- _Records from a data source_:

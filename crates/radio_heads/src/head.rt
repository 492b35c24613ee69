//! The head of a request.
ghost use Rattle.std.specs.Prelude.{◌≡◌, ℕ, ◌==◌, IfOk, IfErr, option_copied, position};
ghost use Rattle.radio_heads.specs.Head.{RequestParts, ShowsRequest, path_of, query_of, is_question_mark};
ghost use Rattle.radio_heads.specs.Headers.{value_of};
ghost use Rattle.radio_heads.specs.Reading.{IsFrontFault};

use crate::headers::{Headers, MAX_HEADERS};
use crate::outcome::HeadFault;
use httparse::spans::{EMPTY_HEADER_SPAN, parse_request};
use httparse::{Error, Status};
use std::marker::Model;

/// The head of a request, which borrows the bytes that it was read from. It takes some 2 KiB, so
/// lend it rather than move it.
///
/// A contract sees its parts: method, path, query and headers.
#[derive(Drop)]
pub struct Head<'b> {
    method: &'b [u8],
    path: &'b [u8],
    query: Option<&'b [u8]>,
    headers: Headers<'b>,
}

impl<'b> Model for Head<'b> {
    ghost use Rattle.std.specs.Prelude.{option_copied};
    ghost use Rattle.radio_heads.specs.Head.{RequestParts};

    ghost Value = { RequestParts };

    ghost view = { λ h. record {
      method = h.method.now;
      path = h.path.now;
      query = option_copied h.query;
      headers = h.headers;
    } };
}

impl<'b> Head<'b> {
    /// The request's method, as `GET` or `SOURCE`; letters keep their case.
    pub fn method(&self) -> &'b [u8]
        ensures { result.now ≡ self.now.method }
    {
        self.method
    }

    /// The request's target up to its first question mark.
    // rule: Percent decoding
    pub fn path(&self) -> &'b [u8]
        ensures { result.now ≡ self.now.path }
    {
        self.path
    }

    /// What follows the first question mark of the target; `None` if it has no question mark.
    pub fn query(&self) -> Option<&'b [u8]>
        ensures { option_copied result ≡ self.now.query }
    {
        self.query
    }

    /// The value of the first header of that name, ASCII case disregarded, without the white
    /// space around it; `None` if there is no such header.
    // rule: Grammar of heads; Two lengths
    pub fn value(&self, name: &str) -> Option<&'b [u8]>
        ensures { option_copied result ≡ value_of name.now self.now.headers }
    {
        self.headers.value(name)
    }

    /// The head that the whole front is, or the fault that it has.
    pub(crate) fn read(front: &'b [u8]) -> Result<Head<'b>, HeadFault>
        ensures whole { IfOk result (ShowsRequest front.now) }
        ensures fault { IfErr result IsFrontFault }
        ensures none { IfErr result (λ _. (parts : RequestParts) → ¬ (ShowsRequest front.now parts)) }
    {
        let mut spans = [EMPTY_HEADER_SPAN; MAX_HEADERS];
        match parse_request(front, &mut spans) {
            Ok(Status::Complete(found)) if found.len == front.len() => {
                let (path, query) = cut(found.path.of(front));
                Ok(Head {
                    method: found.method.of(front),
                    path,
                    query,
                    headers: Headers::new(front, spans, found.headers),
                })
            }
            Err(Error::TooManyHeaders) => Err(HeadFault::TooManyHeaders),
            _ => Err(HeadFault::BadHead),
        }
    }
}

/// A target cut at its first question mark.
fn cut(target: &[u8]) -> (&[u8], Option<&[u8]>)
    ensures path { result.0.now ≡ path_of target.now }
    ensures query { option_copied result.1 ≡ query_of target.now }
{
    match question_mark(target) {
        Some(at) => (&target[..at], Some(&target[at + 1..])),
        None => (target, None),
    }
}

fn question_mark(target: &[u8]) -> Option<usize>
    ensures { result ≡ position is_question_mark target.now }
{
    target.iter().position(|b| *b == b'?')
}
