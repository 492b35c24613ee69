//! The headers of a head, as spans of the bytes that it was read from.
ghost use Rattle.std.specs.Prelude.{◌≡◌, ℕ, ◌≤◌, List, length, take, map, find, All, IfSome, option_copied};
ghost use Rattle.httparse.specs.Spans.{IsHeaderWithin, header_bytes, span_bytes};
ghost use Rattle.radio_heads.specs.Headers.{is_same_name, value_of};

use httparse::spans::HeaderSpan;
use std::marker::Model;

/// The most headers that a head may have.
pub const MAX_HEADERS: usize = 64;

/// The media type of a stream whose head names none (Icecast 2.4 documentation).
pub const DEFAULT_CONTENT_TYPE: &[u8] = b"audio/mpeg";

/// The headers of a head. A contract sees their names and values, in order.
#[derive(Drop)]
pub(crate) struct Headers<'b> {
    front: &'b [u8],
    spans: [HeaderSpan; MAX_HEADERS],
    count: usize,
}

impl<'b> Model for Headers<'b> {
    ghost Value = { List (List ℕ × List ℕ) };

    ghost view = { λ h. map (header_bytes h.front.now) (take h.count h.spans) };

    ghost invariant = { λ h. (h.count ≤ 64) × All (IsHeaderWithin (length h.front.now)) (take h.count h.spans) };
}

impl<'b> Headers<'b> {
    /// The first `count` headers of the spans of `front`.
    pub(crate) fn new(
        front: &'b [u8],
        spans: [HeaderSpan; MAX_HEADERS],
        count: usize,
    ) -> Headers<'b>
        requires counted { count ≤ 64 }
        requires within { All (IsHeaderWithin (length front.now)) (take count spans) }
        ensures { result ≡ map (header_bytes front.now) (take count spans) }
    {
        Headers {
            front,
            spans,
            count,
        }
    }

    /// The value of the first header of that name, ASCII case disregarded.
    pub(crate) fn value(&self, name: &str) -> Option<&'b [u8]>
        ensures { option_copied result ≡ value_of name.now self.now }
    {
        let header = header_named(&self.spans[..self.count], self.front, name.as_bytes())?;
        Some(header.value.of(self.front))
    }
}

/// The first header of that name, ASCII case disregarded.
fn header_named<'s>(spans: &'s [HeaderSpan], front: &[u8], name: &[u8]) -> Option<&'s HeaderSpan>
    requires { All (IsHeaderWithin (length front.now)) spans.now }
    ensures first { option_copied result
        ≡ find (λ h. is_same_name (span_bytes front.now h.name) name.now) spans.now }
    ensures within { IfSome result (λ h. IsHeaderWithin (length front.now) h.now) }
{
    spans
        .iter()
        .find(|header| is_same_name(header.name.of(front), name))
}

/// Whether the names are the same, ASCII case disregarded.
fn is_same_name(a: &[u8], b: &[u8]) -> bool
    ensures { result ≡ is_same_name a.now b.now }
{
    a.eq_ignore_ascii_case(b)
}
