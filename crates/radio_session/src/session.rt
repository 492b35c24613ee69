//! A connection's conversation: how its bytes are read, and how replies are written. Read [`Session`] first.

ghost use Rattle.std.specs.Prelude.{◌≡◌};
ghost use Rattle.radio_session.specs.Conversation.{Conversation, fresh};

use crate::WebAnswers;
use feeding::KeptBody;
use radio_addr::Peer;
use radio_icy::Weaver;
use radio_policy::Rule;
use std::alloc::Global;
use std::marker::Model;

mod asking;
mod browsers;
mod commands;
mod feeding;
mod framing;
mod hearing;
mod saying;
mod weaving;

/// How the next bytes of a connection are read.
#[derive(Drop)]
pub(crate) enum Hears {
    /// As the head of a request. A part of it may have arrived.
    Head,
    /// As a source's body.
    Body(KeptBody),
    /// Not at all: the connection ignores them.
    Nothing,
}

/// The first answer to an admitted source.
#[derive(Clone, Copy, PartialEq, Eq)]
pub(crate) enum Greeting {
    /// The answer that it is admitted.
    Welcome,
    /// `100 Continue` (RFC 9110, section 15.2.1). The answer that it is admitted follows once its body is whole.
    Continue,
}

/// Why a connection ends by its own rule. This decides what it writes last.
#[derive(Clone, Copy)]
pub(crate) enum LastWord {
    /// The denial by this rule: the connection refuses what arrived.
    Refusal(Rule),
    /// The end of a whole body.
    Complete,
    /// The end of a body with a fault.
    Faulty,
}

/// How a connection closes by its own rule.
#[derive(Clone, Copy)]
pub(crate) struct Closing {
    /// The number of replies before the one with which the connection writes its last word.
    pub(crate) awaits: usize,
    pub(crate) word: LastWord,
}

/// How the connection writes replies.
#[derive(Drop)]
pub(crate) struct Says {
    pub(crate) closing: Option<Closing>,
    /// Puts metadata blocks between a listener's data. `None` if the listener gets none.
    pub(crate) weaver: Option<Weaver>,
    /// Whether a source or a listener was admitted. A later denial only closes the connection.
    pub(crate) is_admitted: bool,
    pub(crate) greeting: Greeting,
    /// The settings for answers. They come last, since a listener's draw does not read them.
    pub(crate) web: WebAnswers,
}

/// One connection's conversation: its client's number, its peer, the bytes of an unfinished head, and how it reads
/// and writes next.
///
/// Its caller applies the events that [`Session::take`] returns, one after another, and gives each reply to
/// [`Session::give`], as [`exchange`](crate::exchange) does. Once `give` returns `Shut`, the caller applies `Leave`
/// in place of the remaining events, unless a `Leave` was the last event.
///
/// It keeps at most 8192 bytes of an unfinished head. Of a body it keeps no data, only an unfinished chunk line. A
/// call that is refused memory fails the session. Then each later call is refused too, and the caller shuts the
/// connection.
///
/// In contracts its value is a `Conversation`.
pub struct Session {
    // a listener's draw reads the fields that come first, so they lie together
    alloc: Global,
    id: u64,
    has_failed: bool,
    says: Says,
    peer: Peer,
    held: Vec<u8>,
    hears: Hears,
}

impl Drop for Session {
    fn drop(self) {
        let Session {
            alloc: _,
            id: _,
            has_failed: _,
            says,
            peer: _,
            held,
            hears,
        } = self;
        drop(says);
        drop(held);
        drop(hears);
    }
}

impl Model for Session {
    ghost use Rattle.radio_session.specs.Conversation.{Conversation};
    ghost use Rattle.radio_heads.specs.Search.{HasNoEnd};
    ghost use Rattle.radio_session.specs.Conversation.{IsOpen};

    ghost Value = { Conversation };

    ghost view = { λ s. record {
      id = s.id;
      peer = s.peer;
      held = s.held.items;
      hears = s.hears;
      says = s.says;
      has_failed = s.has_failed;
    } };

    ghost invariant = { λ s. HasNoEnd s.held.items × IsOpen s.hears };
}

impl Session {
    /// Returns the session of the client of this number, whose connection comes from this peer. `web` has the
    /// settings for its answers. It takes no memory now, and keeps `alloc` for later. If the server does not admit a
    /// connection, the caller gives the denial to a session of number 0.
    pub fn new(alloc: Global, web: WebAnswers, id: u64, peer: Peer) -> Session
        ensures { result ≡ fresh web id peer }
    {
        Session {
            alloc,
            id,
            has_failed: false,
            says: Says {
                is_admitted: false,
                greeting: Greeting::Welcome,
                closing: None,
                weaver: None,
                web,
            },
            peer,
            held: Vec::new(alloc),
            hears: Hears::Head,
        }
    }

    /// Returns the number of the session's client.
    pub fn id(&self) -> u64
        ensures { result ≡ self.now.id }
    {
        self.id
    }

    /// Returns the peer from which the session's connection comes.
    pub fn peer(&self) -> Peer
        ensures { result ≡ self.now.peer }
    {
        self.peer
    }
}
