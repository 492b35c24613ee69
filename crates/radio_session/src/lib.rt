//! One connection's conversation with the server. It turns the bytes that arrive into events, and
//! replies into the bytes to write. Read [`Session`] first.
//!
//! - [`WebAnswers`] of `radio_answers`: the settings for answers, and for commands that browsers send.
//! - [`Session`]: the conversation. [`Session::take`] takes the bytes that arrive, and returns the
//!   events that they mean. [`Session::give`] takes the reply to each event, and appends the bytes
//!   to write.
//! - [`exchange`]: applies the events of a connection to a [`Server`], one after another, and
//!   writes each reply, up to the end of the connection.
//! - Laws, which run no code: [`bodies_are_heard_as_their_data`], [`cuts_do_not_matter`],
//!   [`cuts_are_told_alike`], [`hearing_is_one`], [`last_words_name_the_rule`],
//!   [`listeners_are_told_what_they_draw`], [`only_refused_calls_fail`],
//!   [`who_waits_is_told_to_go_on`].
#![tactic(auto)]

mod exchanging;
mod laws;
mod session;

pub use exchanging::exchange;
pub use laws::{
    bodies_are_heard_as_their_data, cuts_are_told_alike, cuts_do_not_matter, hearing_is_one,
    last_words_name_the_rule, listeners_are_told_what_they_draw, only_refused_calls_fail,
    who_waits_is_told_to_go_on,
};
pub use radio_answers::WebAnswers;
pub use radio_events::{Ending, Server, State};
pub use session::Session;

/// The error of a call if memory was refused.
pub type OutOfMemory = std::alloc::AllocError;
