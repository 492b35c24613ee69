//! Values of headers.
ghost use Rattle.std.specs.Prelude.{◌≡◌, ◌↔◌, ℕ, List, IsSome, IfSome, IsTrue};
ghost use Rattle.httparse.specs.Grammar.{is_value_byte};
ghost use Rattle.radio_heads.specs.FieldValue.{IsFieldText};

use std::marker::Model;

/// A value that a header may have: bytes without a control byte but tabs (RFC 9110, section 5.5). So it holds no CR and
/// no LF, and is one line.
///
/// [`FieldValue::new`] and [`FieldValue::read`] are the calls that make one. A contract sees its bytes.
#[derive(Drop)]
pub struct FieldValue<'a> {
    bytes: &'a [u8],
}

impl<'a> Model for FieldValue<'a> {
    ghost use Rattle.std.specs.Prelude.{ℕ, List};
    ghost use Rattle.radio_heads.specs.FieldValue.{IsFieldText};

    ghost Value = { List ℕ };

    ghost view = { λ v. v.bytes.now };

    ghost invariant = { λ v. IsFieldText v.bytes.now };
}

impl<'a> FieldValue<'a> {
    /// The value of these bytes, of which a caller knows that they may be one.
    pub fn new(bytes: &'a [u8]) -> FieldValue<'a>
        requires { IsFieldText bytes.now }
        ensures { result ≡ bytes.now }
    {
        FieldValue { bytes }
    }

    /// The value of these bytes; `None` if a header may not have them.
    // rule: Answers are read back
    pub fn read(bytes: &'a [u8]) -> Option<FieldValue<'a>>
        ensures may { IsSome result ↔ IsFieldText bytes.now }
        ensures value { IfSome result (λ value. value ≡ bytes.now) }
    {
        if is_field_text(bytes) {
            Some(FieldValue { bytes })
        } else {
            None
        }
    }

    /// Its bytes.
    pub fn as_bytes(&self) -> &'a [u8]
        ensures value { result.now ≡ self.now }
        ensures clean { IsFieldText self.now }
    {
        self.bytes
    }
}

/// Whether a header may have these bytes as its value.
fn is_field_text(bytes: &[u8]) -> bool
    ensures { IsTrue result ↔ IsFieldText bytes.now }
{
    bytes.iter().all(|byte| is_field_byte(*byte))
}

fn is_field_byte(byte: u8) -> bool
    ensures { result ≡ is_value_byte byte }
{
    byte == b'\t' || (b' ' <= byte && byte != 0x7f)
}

- _WHAT YOU SHOULD DO_:
Among the records above, find the lines that contain "them" and copy every one.

- _EXERCISE RESULT_:
    /// Not at all: the connection ignores them.
    /// The settings for answers. They come last, since a listener's draw does not read them.
    /// The value of these bytes; `None` if a header may not have them.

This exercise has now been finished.